PTC Therapeutics Withdraws FDA Application for Duchenne Drug Translarna After Decade-Long Effort

PTC Therapeutics announced February 12, 2026 that it has withdrawn the New Drug Application resubmission for Translarna (ataluren) for the treatment of nonsense mutation Duchenne muscular dystrophy following U.S. Food and Drug Administration feedback on the application review. The FDA shared that based on its review to date, the data in the NDA submission are unlikely to meet the Agency's threshold of substantial evidence of effectiveness to support approval of Translarna.

The withdrawal ends more than a decade of efforts by the Warren, N.J.-based company to secure FDA approval for the drug. According to the company, there were differences in the interpretation of the data submitted for the drug and these differences cannot be resolved. In a letter to the U.S. Duchenne community, PTC stated: "Despite the evidence of safety and effectiveness demonstrated across several clinical studies, FDA has shared that they view the data as insufficient to meet their threshold for approval."

The chief executive officer stated: "We have worked tirelessly for over two decades to develop a safe and effective therapy for boys and young men affected by nonsense mutation DMD in the U.S. and are disappointed that FDA approval cannot be achieved."

Translarna is a protein restoration therapy designed to enable the formation of a functioning protein in patients with genetic disorders caused by a nonsense mutation. This oral small molecule is intended to enable a cell's protein-making machinery to read through the premature stop signal, enabling formation of functioning dystrophin.

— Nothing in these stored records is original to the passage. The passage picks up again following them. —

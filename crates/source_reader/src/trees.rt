//! The trees of files and of included files.

ghost use Rattle.std.specs.Prelude.{◌≡◌, length, map, IfOk};
ghost use Rattle.source_reader.specs.Trees.{AreFileTrees, ArePartTrees, IsAfter, IsUnless, IsSpliced};
ghost use Rattle.file_parse.specs.FirstRefusals.{IsFirstAmong};
ghost use Rattle.source_acceptance.specs.declaration_rows.GlobalRows.{all_units};
ghost use Rattle.source_acceptance.specs.Acceptance.{deep_rows_of};

use crate::counts::by_name;
use cards::Cards;
use f_tree::{Fail, File, FileSet, Refusal, Text, Unit};
use file_parse::{first_deep, first_of, parse_file, parse_part, splice_files};
use plain_data::Items;
use std::alloc::{AllocError, Global};

/// The trees of files, or the first row of their statements.
pub(crate) fn parse_files(alloc: Global, files: &[Cards]) -> Result<Items<File>, Fail>
    ensures { AreFileTrees files.now result }
{
    let mut trees = Items::new(alloc);
    for cards in files {
        match parse_file(alloc, cards) {
            Ok(tree) => trees.push(tree)?,
            Err(fail) => return Err(fail),
        }
    }
    Ok(trees)
}

/// Whether included files with these names have trees, or the first row of their statements.
pub(crate) fn check_parts(alloc: Global, names: &[Text], parts: &[Cards]) -> Result<(), Fail>
    requires { length names.now ≡ length parts.now }
    ensures { ArePartTrees names.now parts.now result }
{
    for (place, cards) in parts.iter().enumerate() {
        match parse_part(alloc, names[place].as_slice(), cards) {
            Ok(_) => {}
            Err(fail) => return Err(fail),
        }
    }
    Ok(())
}

/// A value, where a check that comes behind it finds nothing.
pub(crate) fn after<T: Drop>(value: T, check: Result<(), Fail>) -> Result<T, Fail>
    ensures { IsAfter value check result }
{
    match check {
        Ok(()) => Ok(value),
        Err(fail) => Err(fail),
    }
}

/// A value, unless it is refused.
pub(crate) fn unless<T: Drop>(refused: Option<Refusal>, value: T) -> Result<T, Fail>
    ensures { IsUnless refused value result }
{
    match refused {
        Some(refusal) => Err(Fail::Refused(refusal)),
        None => Ok(value),
    }
}

/// References to cards, in their order.
fn references<'a>(alloc: Global, cards: &'a [Cards]) -> Result<Vec<&'a Cards>, AllocError>
    ensures { IfOk result (λ list. map (λ c. c.now) list.items ≡ cards.now) }
{
    let mut list = Vec::new(alloc);
    for one in cards {
        list.push(one)?;
    }
    Ok(list)
}

/// Trees with the statements of included files in their places.
pub(crate) fn spliced(
    alloc: Global,
    names: &[Text],
    parts: &[Cards],
    trees: Items<File>,
) -> Result<FileSet, Fail>
    requires { length names.now ≡ length parts.now }
    ensures { IsSpliced names.now parts.now trees result }
{
    let list = references(alloc, parts)?;
    let places = by_name(alloc, names, list.as_slice())?;
    match splice_files(alloc, trees, &places) {
        Ok(files) => Ok(FileSet { files }),
        Err(fail) => Err(fail),
    }
}

/// F17 of blocks in units: the first by its file and its card.
fn deep_in_units(alloc: Global, units: &[Unit]) -> Result<Option<Refusal>, AllocError>
    ensures { IfOk result (IsFirstAmong (deep_rows_of units.now)) }
{
    let mut found = None;
    for unit in units {
        found = first_of(found, first_deep(alloc, unit)?);
    }
    Ok(found)
}

/// F17 of blocks in files: the first by its file and its card.
pub(crate) fn deep_in_files(alloc: Global, files: &[File]) -> Result<Option<Refusal>, AllocError>
    ensures { IfOk result (IsFirstAmong (deep_rows_of (all_units files.now))) }
{
    let mut found = None;
    for file in files {
        found = first_of(found, deep_in_units(alloc, file.units.as_slice())?);
    }
    Ok(found)
}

The drug's clinical development faced significant challenges. Translarna failed in Phase 2 testing. Nevertheless, PTC advanced Translarna to Phase 3. In 2015, PTC announced the drug failed this placebo-controlled study. Still, the company pressed forward with an FDA submission based on "the totality of the data." The FDA turned down PTC's submission in 2017 and has rebuffed the drugmaker's subsequent efforts to seek approval.

Translarna had better regulatory success in Europe initially. In 2014, European regulators granted the drug conditional marketing authorization, which requires annual renewal until there is sufficient data to support a standard marketing authorization. In 2023 and 2024, PTC disputed a negative opinion by the European Commission's Committee on Medicinal Products for Human Use, which had concluded the drug's benefit was not confirmed and authorization should not be renewed. Last March, the commission finally adopted the opinion and declined renewal.

Even though Translarna has not been commercially available in the U.S., a limited number of patients have had access to this drug under the FDA's expanded access program. The company stated that in the coming weeks, it will determine the next steps for the remaining supply of the drug for those currently receiving it.

Translarna is one of two PTC drugs for Duchenne. The company also markets Emflaza, which is approved in the U.S. but not in Europe. The way Emflaza works in Duchenne is not understood but this drug is a corticosteroid that reduces inflammation. Translarna and Emflaza are PTC's top products, together accounting for $315.6 million in revenue through the first three quarters of 2025. Translarna will provide marginal revenue from the remaining markets where the drug is still available and Emflaza has already lost market exclusivity.

The next highest contributor to PTC's revenue is a new product, Sephience. Last summer, this drug was approved first in Europe and then the U.S. as a treatment for the rare metabolic disease phenylketonuria. Sephience accounted for $19.5 million in revenue in the third quarter of 2025. Kebilidi (Upstaza in Europe), a gene therapy approved in 2024 as a treatment for an ultra-rare enzyme deficiency, accounted for $15.7 million in revenue in the first nine months of 2025.

As for PTC's pipeline, the company is still trying to find a path forward for vatiquinone, a drug developed for the rare neuromuscular disorder Friedreich's ataxia. The FDA issued a complete response letter for this drug last August. PTC had submitted a new drug application despite the small molecule's failure in Phase 3 testing.

Duchenne muscular dystrophy primarily affects males and is a rare and fatal genetic disorder that results in progressive muscle weakness from early childhood and leads to premature death in the mid-20s due to heart and respiratory failure. It is a progressive muscle disorder caused by the lack of functional dystrophin protein. Dystrophin is critical to the structural stability of all muscles, including skeletal, diaphragm, and heart muscles. Patients with Duchenne can lose the ability to walk (loss of ambulation) as early as 10 years old, followed by loss of the use of their arms. Duchenne patients subsequently experience life-threatening lung complications, requiring the need for ventilation support, and heart complications in their late teens and 20s.